Genel olarak A vitamini eksikliğinin ana klinik belirtileri göz hastalıkları ile ilişkilendirilse de (gece körlüğü vb), bugün bu vitaminin eksikliğinin bağışıklık sisteminin düzgün çalışmamasına, anemiye ve artmış bulaşıcı hastalık morbiditesi ve mortalitesine yol açtığı bilinmektedir. A vitamini ihtiyacımızı karaciğer, böbrek, tereyağı, yumurta, böbrek, süt, somon gibi hayvansal kaynaklardan sağlamaktayız. Provitamin A ise A vitamininin başka bir türü olmakla karotenoitler formundadır. Karotenoitler ise bitkisel kaynaklardan elde edilir. β-karoten ve diğer karotenoit türleri, vücutta A vitaminin aktif formu olan retinole dönüştürülür. β-karoten, koyu yeşil yapraklı, açık sarı, turuncu veya kırmızı sebze ve meyvelerde (ıspanak, marul, portakal, havuç, kavun vb) bulunur. Retinol için önerilen günlük doz yetişkinler için 800-1000 μg, emzirenler için 1200-1300 μg, çocuklar için 400-1000 μg olmakla beraber, β-karoten için önerilen günlük doz yetişkinler için 5.4 mg, çocuklar için 2.4 mg’dır.

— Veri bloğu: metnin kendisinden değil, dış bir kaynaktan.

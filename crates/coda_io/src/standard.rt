// A source and a sink over any reader and writer of std. They tell what those tell, and a file tells nothing.
ghost use Rattle.std.specs.Prelude.{◌≡◌};
ghost use Rattle.coda_io.specs.Standard.{handle_of};

use crate::{ReadFault, Sink, Source, WriteFault};
use std::io::{Read, Write};
use std::marker::Model;

/// A reader, with a count of its errors. Contracts see a `Handle`.
#[derive(Drop)]
pub struct StdSource<R> {
    reader: R,
    faults: u64,
}

impl<R> Model for StdSource<R> {
    ghost use Rattle.coda_io.specs.Standard.{Handle};

    ghost Value = { Handle R };

    ghost view = { λ s. record { inner = s.reader; faults = s.faults } };
}

impl<R> StdSource<R> {
    /// This reader, with no error so far.
    pub fn new(reader: R) -> StdSource<R>
        ensures { result ≡ handle_of reader }
    {
        StdSource { reader, faults: 0 }
    }
}

impl<R: Read> Source for StdSource<R> {
    ghost left = { λ s. R.remaining s.inner };

    ghost faults = { λ s. s.faults };

    fn read(&mut self, buf: &mut [u8]) -> Result<usize, ReadFault> {
        match self.reader.read(buf) {
            Ok(count) => Ok(count),
            Err(_) => {
                self.faults = self.faults.saturating_add(1);
                Err(ReadFault)
            }
        }
    }
}

/// A writer, with a count of its errors and of the calls that took nothing. Contracts see a `Handle`.
#[derive(Drop)]
pub struct StdSink<W> {
    writer: W,
    faults: u64,
}

impl<W> Model for StdSink<W> {
    ghost use Rattle.coda_io.specs.Standard.{Handle};

    ghost Value = { Handle W };

    ghost view = { λ s. record { inner = s.writer; faults = s.faults } };
}

impl<W> StdSink<W> {
    /// This writer, with no error so far.
    pub fn new(writer: W) -> StdSink<W>
        ensures { result ≡ handle_of writer }
    {
        StdSink { writer, faults: 0 }
    }
}

impl<W: Write> Sink for StdSink<W> {
    ghost held = { λ s. W.contents s.inner };

    ghost faults = { λ s. s.faults };

    fn write(&mut self, bytes: &[u8]) -> Result<usize, WriteFault> {
        match self.writer.write(bytes) {
            Ok(0) if !bytes.is_empty() => {
                self.faults = self.faults.saturating_add(1);
                Ok(0)
            }
            Ok(count) => Ok(count),
            Err(_) => {
                self.faults = self.faults.saturating_add(1);
                Err(WriteFault)
            }
        }
    }
}
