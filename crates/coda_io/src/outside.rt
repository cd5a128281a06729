// The traits of what is read and written.
ghost use Rattle.std.specs.Prelude.{◌≡◌, ℕ, ◌<◌, List, length, Option, Ok};
ghost use Rattle.std.specs.Io.{ReadsAtMost, WritesAtMost};
ghost use Rattle.std.specs.Io.KnownBytes.{ReadConsumes, WriteAppends};
ghost use Rattle.coda_io.specs.Faults.{Rose, HasCause};

use thiserror::Error;

/// A read was refused.
#[derive(Clone, Copy, Debug, PartialEq, Eq, Error)]
#[error("read fault")]
pub struct ReadFault;

/// A write was refused.
#[derive(Clone, Copy, Debug, PartialEq, Eq, Error)]
#[error("write fault")]
pub struct WriteFault;

/// Bytes to be read, with a count of the faults.
pub trait Source {
    // What is left, where the source tells it.
    ghost left: { Self → Option (List ℕ) };

    // How many reads were refused, up to the end of the count's type.
    ghost faults: { Self → ℕ };

    /// Reads some bytes to the front of `buf`, and answers how many. 0 for a `buf` that isn't empty is the end of
    /// the input.
    ///
    /// # Errors
    ///
    /// `ReadFault` where the read was refused: nothing was taken, and the count of faults rose.
    fn read(&mut self, buf: &mut [u8]) -> Result<usize, ReadFault>
        ensures bound { ReadsAtMost result buf.new }
        ensures bytes { ReadConsumes (left self.old) (left self.new) result buf.new }
        ensures cause { HasCause (faults self.old) (faults self.new) result };
}

/// A place that takes bytes, with a count of the faults.
pub trait Sink {
    // What it holds, where the sink tells it.
    ghost held: { Self → Option (List ℕ) };

    // How many writes were refused or took nothing, up to the end of the count's type.
    ghost faults: { Self → ℕ };

    /// Takes some bytes from the front of `bytes`, and answers how many. To take none of a piece that isn't empty
    /// counts as a fault too.
    ///
    /// # Errors
    ///
    /// `WriteFault` where the write was refused: nothing was taken, and the count of faults rose.
    fn write(&mut self, bytes: &[u8]) -> Result<usize, WriteFault>
        ensures bound { WritesAtMost result bytes.now }
        ensures bytes { WriteAppends (held self.old) (held self.new) result bytes.now }
        ensures cause { HasCause (faults self.old) (faults self.new) result }
        ensures stuck { result ≡ Ok 0 → 0 < length bytes.now → Rose (faults self.old) (faults self.new) };
}
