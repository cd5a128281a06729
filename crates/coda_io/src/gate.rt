// Where the threads of clients come by, so that a test can say in which order they go on.

/// A thread of a client, as a script names it. Elsewhere an actor is a client or a replica.
#[derive(Clone, Copy, Debug, PartialEq, Eq)]
pub struct Actor {
    /// The client, from 1 to 255.
    pub client: u8,
    /// The thread, from 1 to 8.
    pub thread: u8,
}

/// A step that a thread has just ended. It holds no turn there.
#[derive(Clone, Copy, Debug, PartialEq, Eq)]
pub enum Point {
    /// An operation came into the client's log.
    Logged,
    /// A chunk of the client's log was frozen.
    Frozen,
    /// A server answered the chunk.
    Decided,
    /// The answer came to the client's log.
    Settled,
}

/// A gate between the steps of threads. It changes nothing that a step sees, and says only when an actor goes on.
pub trait Gate {
    /// The actor is at the point. It goes on once the call returns.
    fn at(&self, actor: Actor, point: Point);
}

/// The gate of the program itself, which returns at once.
#[derive(Clone, Copy, Debug, PartialEq, Eq)]
pub struct RealGate;

impl Gate for RealGate {
    fn at(&self, _actor: Actor, _point: Point) {}
}
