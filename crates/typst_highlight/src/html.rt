//! A tree's text as HTML.

ghost use Rattle.std.specs.Prelude.{◌≡◌, IfOk, string_bytes};
ghost use Rattle.typst_tree.specs.Tree.{text_of};
ghost use Rattle.typst_highlight.specs.Html as spec;
ghost use Rattle.typst_highlight.specs.Walk as walk;

use crate::page::Writer;
use crate::sink::{Sink, give_tree};
use crate::tags::Tag;
use std::alloc::{AllocError, Global};
use typst_tree::SyntaxNode;

/// The text of a tree as HTML: an element `code`, in which each node that has a tag, unless it is
/// an error, stands in a `span` of the tag's class.
///
/// The characters `& < > ' "` of the text are written as entities. It goes through the tree once.
pub fn highlight_html(alloc: Global, root: &SyntaxNode) -> Result<String, AllocError>
    ensures html { IfOk result (λ html. string_bytes html ≡ spec.html_of root.now) }
    ensures shown { IfOk result (λ html. spec.read spec.plain (string_bytes html) ≡ text_of root.now) }
{
    let mut writer = Writer::with_capacity(alloc, likely_len(root))?;
    writer.push("<code>")?;
    give_tree(alloc, &mut writer, root)?;
    writer.push("</code>")?;
    let html = writer.finish()?;
    Ok(html)
}

/// How long the HTML of a tree mostly is at most: its text, and a third of a span for each node.
fn likely_len(root: &SyntaxNode) -> usize {
    let spans = root.descendants().saturating_mul(12);
    root.len().saturating_add(spans).saturating_add(13)
}

impl Sink for Writer {
    ghost outlet = { walk.html };

    #[inline(always)]
    fn begin(&mut self, span: Option<Tag>) -> Result<Option<Tag>, AllocError> {
        self.start(span)?;
        Ok(span)
    }

    #[inline(always)]
    fn own(&mut self, text: &str) -> Result<(), AllocError> {
        self.write_own(text)
    }

    #[inline(always)]
    fn leaf(&mut self, span: Option<Tag>, text: &str) -> Result<(), AllocError> {
        self.write(span, text)
    }

    #[inline(always)]
    fn close(&mut self, kept: Option<Tag>) -> Result<(), AllocError> {
        self.end(kept)
    }
}
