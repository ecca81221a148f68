//! The stretches of a tree's text with their tags.

ghost use Rattle.std.specs.Prelude.{◌≡◌, ◌+◌, ◌++◌, IfOk, OnOk, length};
ghost use Rattle.typst_tree.specs.Tree.{saturated, text_of};
ghost use Rattle.typst_highlight.specs.Names.{first_tag};
ghost use Rattle.typst_highlight.specs.Stretches as spec;
ghost use Rattle.typst_highlight.specs.Walk as walk;

use crate::sink::{Sink, give_tree};
use crate::tags::Tag;
use std::alloc::{AllocError, Global};
use std::marker::Model;
use std::ops::Range;
use typst_tree::SyntaxNode;

/// A stretch of a text, with the tag that it is shown by.
#[derive(Debug, Clone, PartialEq, Eq, Hash, Drop)]
pub struct Tagged {
    /// Its bytes.
    pub range: Range<usize>,
    /// The tag of the innermost node around it that has one, errors aside.
    pub tag: Option<Tag>,
}

/// The stretches of a walk so far.
#[derive(Drop)]
struct Tagger {
    stretches: Vec<Tagged>,
    /// Where the next one begins, in bytes.
    end: usize,
    /// The tag of the innermost span.
    around: Option<Tag>,
}

/// The text of a tree as stretches with tags: one for each node that has a text of its own, in order.
///
/// A stretch has the tag of the innermost span that it stands in as `highlight_html` writes it: the
/// node's own, or that of the nearest node above that has one, where an error has none. It goes
/// through the tree once, and takes memory for the stretches and for a list as long as the tree is
/// deep. Bytes are counted up to the largest `usize`.
pub fn tag_stretches(alloc: Global, root: &SyntaxNode) -> Result<Vec<Tagged>, AllocError>
    ensures stretches { IfOk result (λ stretches. stretches.items ≡ spec.stretches root.now) }
    ensures joined { IfOk result (λ stretches. spec.AreJoined 0 stretches.items (saturated (length (text_of root.now)))) }
{
    let mut tagger = Tagger {
        stretches: Vec::new(alloc),
        end: 0,
        around: None,
    };
    give_tree(alloc, &mut tagger, root)?;
    Ok(tagger.stretches)
}

impl Model for Tagger {
    ghost use Rattle.typst_highlight.specs.Walk as walk;

    ghost Value = { walk.Marks };

    ghost view = { λ t. record { stretches = t.stretches.items; end = t.end; around = t.around } };
}

/// The tag of a span in another one.
#[inline(always)]
fn innermost(span: Option<Tag>, around: Option<Tag>) -> Option<Tag>
    ensures { result ≡ first_tag span around }
{
    match span {
        None => around,
        found => found,
    }
}

impl Sink for Tagger {
    ghost outlet = { walk.tagger };

    #[inline(always)]
    fn begin(&mut self, span: Option<Tag>) -> Result<Option<Tag>, AllocError> {
        let around = self.around;
        self.around = innermost(span, around);
        Ok(around)
    }

    #[inline(always)]
    fn own(&mut self, text: &str) -> Result<(), AllocError> {
        self.add(text, self.around)
    }

    #[inline(always)]
    fn leaf(&mut self, span: Option<Tag>, text: &str) -> Result<(), AllocError> {
        self.add(text, innermost(span, self.around))
    }

    #[inline(always)]
    fn close(&mut self, kept: Option<Tag>) -> Result<(), AllocError> {
        self.around = kept;
        Ok(())
    }
}

impl Tagger {
    ghost use Rattle.std.specs.Prelude.{◌≡◌, ◌+◌, ◌++◌, OnOk, length};
    ghost use Rattle.typst_tree.specs.Tree.{saturated};
    ghost use Rattle.typst_highlight.specs.Stretches as spec;

    /// Adds a text as a stretch of its own, unless it is empty.
    fn add(&mut self, text: &str, tag: Option<Tag>) -> Result<(), AllocError>
        ensures { OnOk result (self.new ≡ record { stretches = self.old.stretches ++ spec.stretch self.old.end text.now tag; end = saturated (self.old.end + length text.now); around = self.old.around }) }
    {
        let start = self.end;
        self.end = start.saturating_add(text.len());
        if text.is_empty() {
            return Ok(());
        }
        self.stretches.push(Tagged {
            range: start..self.end,
            tag,
        })?;
        Ok(())
    }
}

E vitamini (Tokoferoller):
E vitaminin bağışıklık sistemi üzerine etkisi antioksidan aktivitesi ile doğrudan ilişkilidir. Tıpkı A vitamini gibi yağda çözünen bir vitamindir. Hücre zarında bulunan çoklu doymamış yağ asitlerini oksidasyondan korur ve serbest radikal üretimini kontrol eder. E vitamini aslında dört tip tokoferol (α-, β-, γ- ve δ-tokoferoller) ve dört tip tokotrienol (α-, β-, γ- ve δ-tokotrienoller) için kullanılan kolektif terimdir. Bu formların tamamının antioksidan aktivitesi mevcut olmasına ragmen sadece α-tokoferol insan E vitamini gereksinimini karşılar. E vitaminin kuvvetli bağışıklık güçlendirici (T hücrelerinin çoğalmasını artırır, interlökn-2 üretimini artırırken, interlökin 4 ve 6 üretimini azaltır, COX-2 aktivitesini inhibe eder vb.). Vücuttaki yağ asitleri, kaslar ve kırmızı kan hücrelerinin korunmasında rol alır. E vitamini ihtiyacımızı yumurta, bitkisel yağlar (özellikle ayçiçek ve aspir yağı), margarin, mayonez, fındık, ceviz gibi besinlerden karşılayabiliriz. α-tokoferol için önerilen günlük doz yetişkinler için 12-15 mg, çocuklar için ise 5-12 mg’dır.
Proantosiyanidinler:
Flavonoit türevi bir bileşik grubudur, prosiyanidinler olarak da bilinir. Kateşin ve epikateşin oligomerleri bu grup bileşiklere örnektir. Proantosiyanidinlerin en kuvvetli antioksidan aktiviteleridir. Kalp ve damar işlevleri üzerinde özellikle etkilidir. Bitkilerde yaygın olarak bulunurlar. Üzüm çekirdeği başlıca proantosiyanidin kaynağıdır. Yaban mersini, kara mürver, frenk üzümü, trabzon hurması, keçi boynuzu, muz, fut, erik, kayısı, ceviz, nar, çam kabuğu, elma, yer fıstığı, badem proantosiyanidin kaynaklarından bazılarıdır.